I am studying probability and maximum likelihood estimation. From one website that I read, they use an example about blue and red balls probability as below
I have a bag that contains 3 balls. Each ball is either red or blue, but I have no information in addition to this. Thus, the number of blue balls, call it θ , might be 0 , 1 , 2 , or 3 . I am allowed to choose 4 balls at random from the bag with replacement. We define the random variables X1 , X2 , X3 , and X4 as follows
Xi = 1 if the ith chosen ball is blue and 0 if the ith chosen ball is red
Note that Xi's are i.i.d. and Xi∼Bernoulli(θ/3)
My question is what does Bernoulli(θ/3) means? and how do we get the value θ/3?
Here is the website that I read: https://www.probabilitycourse.com/chapter8/8_2_3_max_likelihood_estimation.php
Thank you
You have $\theta$ blue balls out of a total of $3$ balls. If you take one ball randomly, the probability to get a blue ball is $\theta/3$. That is the argument for the Bernoulli in your post.

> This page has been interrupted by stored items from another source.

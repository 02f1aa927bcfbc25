// Items or entries one behind another, by their places.
ghost use Rattle.std.specs.Prelude.{ℕ, ◌≡◌, ◌<◌, List, Result, IfOk, length};
ghost use Rattle.item.specs.declared.Broken.{Broken};

use crate::{Broken, Item, header_at};
use std::marker::PhantomData;

/// What is read where it begins in some bytes, and ends there.
pub trait Placed: Copy {
    ghost reads: { List ℕ → ℕ → Result Self Broken };

    ghost ends: { Self → ℕ };

    /// What begins at `at`, whatever the bytes are.
    fn read(bytes: &[u8], at: usize) -> Result<Self, Broken>
        ensures value { result ≡ Self.reads bytes.now at }
        ensures ahead { IfOk result (λ placed. at < Self.ends placed) };

    /// Where it ends.
    fn end(self) -> usize
        ensures { result ≡ Self.ends self };
}

impl Placed for Item {
    ghost use Rattle.item.specs.Places.{header_at};

    ghost reads = { header_at };

    ghost ends = { λ item. item.to };

    #[inline(always)]
    fn read(bytes: &[u8], at: usize) -> Result<Item, Broken> {
        header_at(bytes, at)
    }

    #[inline(always)]
    fn end(self) -> usize {
        self.to
    }
}

/// A walk over a part of some bytes, from `at` up to `to`. Where nothing can be read that is told, and it is the end.
// No equality: it would call `memcmp`, which no library does.
#[derive(Clone, Copy, Debug)]
pub struct Walk<'a, T> {
    pub bytes: &'a [u8],
    pub at: usize,
    pub to: usize,
    of: PhantomData<T>,
}

/// A walk over items.
pub type Items<'a> = Walk<'a, Item>;

impl<'a, T> Walk<'a, T> {
    /// Over all bytes.
    pub fn new(bytes: &'a [u8]) -> Walk<'a, T>
        ensures bytes { result.bytes ≡ bytes.entry }
        ensures at { result.at ≡ 0 }
        ensures to { result.to ≡ length bytes.now }
    {
        Walk::within(bytes, 0, bytes.len())
    }

    /// Over a part of them.
    pub fn within(bytes: &'a [u8], from: usize, to: usize) -> Walk<'a, T>
        ensures bytes { result.bytes ≡ bytes.entry }
        ensures at { result.at ≡ from }
        ensures to { result.to ≡ to }
    {
        Walk {
            bytes,
            at: from,
            to,
            of: PhantomData,
        }
    }
}

impl<'a, T: Placed> Iterator for Walk<'a, T> {
    ghost use Rattle.item.specs.Walk.{Gives, bytes_left};

    type Item = Result<T, Broken>;

    ghost next_gives = { Gives T.reads T.ends };

    ghost remaining = { bytes_left };

    #[inline(always)]
    fn next(&mut self) -> Option<Result<T, Broken>> {
        if self.at >= self.to {
            return None;
        }
        match T::read(self.bytes, self.at) {
            Ok(placed) => {
                self.at = placed.end();
                Some(Ok(placed))
            }
            Err(broken) => {
                self.at = self.to;
                Some(Err(broken))
            }
        }
    }
}
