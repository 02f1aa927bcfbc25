// Items, the bytes that trees and records are made of: content length (4 bytes), kind (2 bytes), both little-endian, then the content. They
// are stored in `out` from `at` on, since the writers, which keep both, stand above.
#![tactic(auto)]

ghost use Rattle.std.specs.Prelude.{◌≡◌, ◌+◌, ◌≤◌, ◌<◌, ◌^◌, IfOk, eqb, length, take, drop};
ghost use Rattle.std.specs.List.{list_any};
ghost use Rattle.std.proofs.lemmas.List.Edits.{sets};
ghost use Rattle.refusal.specs.Base.{same};
ghost use Rattle.item.specs.Tree.{null, bool, int, str};
ghost use Rattle.item.specs.Encode.{le, number, head, twos, signed, encode};
ghost use Rattle.item.specs.Places.{header_at};

mod encoded;
mod walk;

pub use encoded::{Encoded, Part};
pub use walk::{Items, Placed, Walk};

/// Of a lent output at most so many bytes count, and a record has at most so many.
pub const LIMIT: usize = 1048576;

/// How many bytes an item's header has.
pub const HEADER: usize = 6;

/// The kinds of items: of trees, and those that only a record has.
#[derive(Clone, Copy, Debug, PartialEq, Eq)]
pub enum Kind {
    Null = 0,
    Bool = 1,
    Int = 2,
    Str = 3,
    Seq = 4,
    Map = 5,
    Scenario = 16,
    Defaults = 17,
    Steps = 18,
    Step = 19,
}

/// A number that no kind has.
#[derive(Clone, Copy, Debug, PartialEq, Eq)]
pub struct UnknownKind;

impl TryFrom<usize> for Kind {
    ghost use Rattle.item.specs.Kinds.{NamesKind};

    type Error = UnknownKind;

    ghost try_from_gives = { NamesKind };

    #[inline]
    fn try_from(number: usize) -> Result<Kind, UnknownKind> {
        match number {
            0 => Ok(Kind::Null),
            1 => Ok(Kind::Bool),
            2 => Ok(Kind::Int),
            3 => Ok(Kind::Str),
            4 => Ok(Kind::Seq),
            5 => Ok(Kind::Map),
            16 => Ok(Kind::Scenario),
            17 => Ok(Kind::Defaults),
            18 => Ok(Kind::Steps),
            19 => Ok(Kind::Step),
            _ => Err(UnknownKind),
        }
    }
}

/// An item as its header tells it: its kind, and the places between which its content stands. Bytes from outside may have any kind.
#[derive(Clone, Copy, Debug, PartialEq, Eq)]
pub struct Item {
    pub kind: usize,
    pub from: usize,
    pub to: usize,
}

impl Item {
    ghost use Rattle.item.specs.Kinds.{number_of};

    /// Whether it has this kind.
    #[inline]
    pub fn is(self, kind: Kind) -> bool
        ensures { result ≡ eqb self.kind (number_of kind) }
    {
        self.kind == kind as usize
    }
}

/// Why no item stands at a place.
#[derive(Clone, Copy, Debug, PartialEq, Eq)]
pub enum Broken {
    /// Fewer bytes than a header has.
    Cut,
    /// A content length that runs past the end.
    PastEnd,
}

/// An integer, by its sign and its magnitude.
// No `i64`: any magnitude is encoded, by its lowest 64 bits, and texts are made of any.
#[derive(Clone, Copy, Debug, PartialEq, Eq)]
pub struct Integer {
    pub negative: bool,
    pub magnitude: u64,
}

impl From<i64> for Integer {
    ghost from_gives = { λ n integer. signed integer.negative integer.magnitude ≡ n };

    #[tactic(auto, using(crate::proofs::Laws::by_sign))]
    #[inline]
    fn from(n: i64) -> Integer {
        Integer {
            negative: n.is_negative(),
            magnitude: n.unsigned_abs(),
        }
    }
}

/// A place that was looked for.
// An enum of its own, as a rule of the project has it: a search says `Found::At(place)` where it is taken apart, and contracts name its cases.
#[derive(Clone, Copy, Debug, PartialEq, Eq)]
pub enum Found {
    At(usize),
    Nothing,
}

/// Stores a header at `at`, six bytes, for a content of `size` bytes. `kind` is a number, as a header can have any of 16 bits.
// A `usize`, since a narrower type would ask more of callers.
pub fn put_header(out: &mut [u8], at: usize, kind: usize, size: usize)
    requires { (at + 6 ≤ length out.old) × (kind < 2 ^ 16) × (size < 2 ^ 32) }
    ensures { out.new ≡ sets out.old at (head kind size) }
{
    out[at..at + 4].copy_from_slice(&(size as u32).to_le_bytes());
    out[at + 4..at + HEADER].copy_from_slice(&(kind as u16).to_le_bytes());
}

/// Stores a null: six bytes.
#[tactic(auto, using(crate::proofs::Laws::null_stored))]
pub fn put_null(out: &mut [u8], at: usize)
    requires { at + 6 ≤ length out.old }
    ensures { out.new ≡ sets out.old at (encode null) }
{
    put_header(out, at, Kind::Null as usize, 0);
}

/// Stores a boolean: seven bytes.
#[tactic(auto, using(crate::proofs::Laws::bool_stored))]
pub fn put_bool(out: &mut [u8], at: usize, value: bool)
    requires { at + 7 ≤ length out.old }
    ensures { out.new ≡ sets out.old at (encode (bool value)) }
{
    put_header(out, at, Kind::Bool as usize, 1);
    out[at + HEADER] = u8::from(value);
}

// The bits of an integer of 64 bits.
#[tactic(auto, using(crate::proofs::Laws::negated), unfolding(crate::specs::Encode::twos, crate::specs::Encode::signed))]
fn twos_complement(n: Integer) -> u64
    ensures { result ≡ twos (signed n.negative n.magnitude) }
{
    if n.negative {
        n.magnitude.wrapping_neg()
    } else {
        n.magnitude
    }
}

/// Stores an integer: fourteen bytes.
pub fn put_int(out: &mut [u8], at: usize, n: Integer)
    requires { at + 14 ≤ length out.old }
    ensures { out.new ≡ sets out.old at (encode (int (signed n.negative n.magnitude))) }
{
    put_header(out, at, Kind::Int as usize, 8);
    out[at + HEADER..at + HEADER + 8].copy_from_slice(&twos_complement(n).to_le_bytes());
}

/// All bytes of `s`, stored from `at` on.
// A loop, since libraries call no `memcpy`; by index, since what is written through `iter_mut` beside a second iterator is not known
// afterwards.
pub fn copy(out: &mut [u8], at: usize, s: &[u8])
    requires { at + length s.now ≤ length out.old }
    ensures { out.new ≡ sets out.old at s.now }
{
    for (i, &b) in s.iter().enumerate() {
        out[at + i] = b;
    }
}

/// Stores a string: six bytes more than it has.
#[tactic(auto, using(crate::proofs::Runs::sets_item), unfolding(crate::specs::Encode::encode))]
pub fn put_string(out: &mut [u8], at: usize, s: &[u8])
    requires { (at + 6 + length s.now ≤ length out.old) × (length s.now < 2 ^ 32) }
    ensures { out.new ≡ sets out.old at (encode (str s.now)) }
{
    put_header(out, at, Kind::Str as usize, s.len());
    copy(out, at + HEADER, s);
}

// The content length of a header. A name for std's conversion, here and below: written out in `header_at`, it would be no plainer.
#[tactic(auto, using(crate::proofs::HeaderPlaces::four_at))]
fn size_at(s: &[u8], at: usize) -> usize
    requires { at + 4 ≤ length s.now }
    ensures { (result ≡ number (take 4 (drop at s.now))) × (result < 2 ^ 32) }
{
    u32::from_le_bytes([s[at], s[at + 1], s[at + 2], s[at + 3]]) as usize
}

// The kind.
#[tactic(auto, using(crate::proofs::HeaderPlaces::two_at))]
fn kind_at(s: &[u8], at: usize) -> usize
    requires { at + 2 ≤ length s.now }
    ensures { result ≡ number (take 2 (drop at s.now)) }
{
    usize::from(u16::from_le_bytes([s[at], s[at + 1]]))
}

/// The item that begins at `at`: any place of any bytes.
#[tactic(auto, using(crate::proofs::HeaderPlaces::at_cut, crate::proofs::HeaderPlaces::at_past, crate::proofs::HeaderPlaces::at_item))]
pub fn header_at(s: &[u8], at: usize) -> Result<Item, Broken>
    ensures value { result ≡ header_at s.now at }
    ensures inside { IfOk result (λ item. (item.from ≡ at + 6) × (item.from ≤ item.to) × (item.to ≤ length s.now)) }
{
    if s.len() < HEADER || s.len() - HEADER < at {
        return Err(Broken::Cut);
    }
    let from = at + HEADER;
    let size = size_at(s, at);
    if s.len() - from < size {
        return Err(Broken::PastEnd);
    }
    Ok(Item {
        kind: kind_at(s, at + 4),
        from,
        to: from + size,
    })
}

/// Whether parts of one length are the same bytes.
// From the end, since long keys are mostly alike at their beginnings; by index, since libraries call no `memcmp`, and two iterators side by
// side, from the end, take two thirds more instructions.
#[tactic(auto, using(crate::proofs::Same::ends))]
pub fn equal_bytes(a: &[u8], b: &[u8]) -> bool
    requires { length a.now ≡ length b.now }
    ensures { result ≡ same a.now b.now }
{
    for i in (0..a.len()).rev() {
        if a[i] != b[i] {
            return false;
        }
    }
    true
}

/// Whether two parts are the same bytes, of whatever length.
#[tactic(auto, using(crate::proofs::Same::same_length))]
pub fn same_bytes(a: &[u8], b: &[u8]) -> bool
    ensures { result ≡ same a.now b.now }
{
    a.len() == b.len() && equal_bytes(a, b)
}

/// Whether bytes are one of some names.
pub fn one_of(bytes: &[u8], names: &[&[u8]]) -> bool
    ensures { result ≡ list_any (λ name. same bytes.now name.now) names.now }
{
    names.iter().any(|name| same_bytes(bytes, name))
}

Let's say after sampling 4 times, you get $bbrb$. The probability to get this result is given by the following expression:
$$ \frac{\theta}{3} \cdot \frac{\theta}{3} \cdot \frac{3-\theta}{3} \cdot \frac{\theta}{3} $$
Now to answer your other question, namely, how to obtain $\theta/3$ or equivalently, how to obtain $\theta$? The answer is, you need to choose among $0,1,2,3$ such the the previous expression has a maximum value. Hence the name maximum likelihood estimation. In this case, $\theta=2$ gives us the maximum, so we estimate that there are two blue balls in the bag.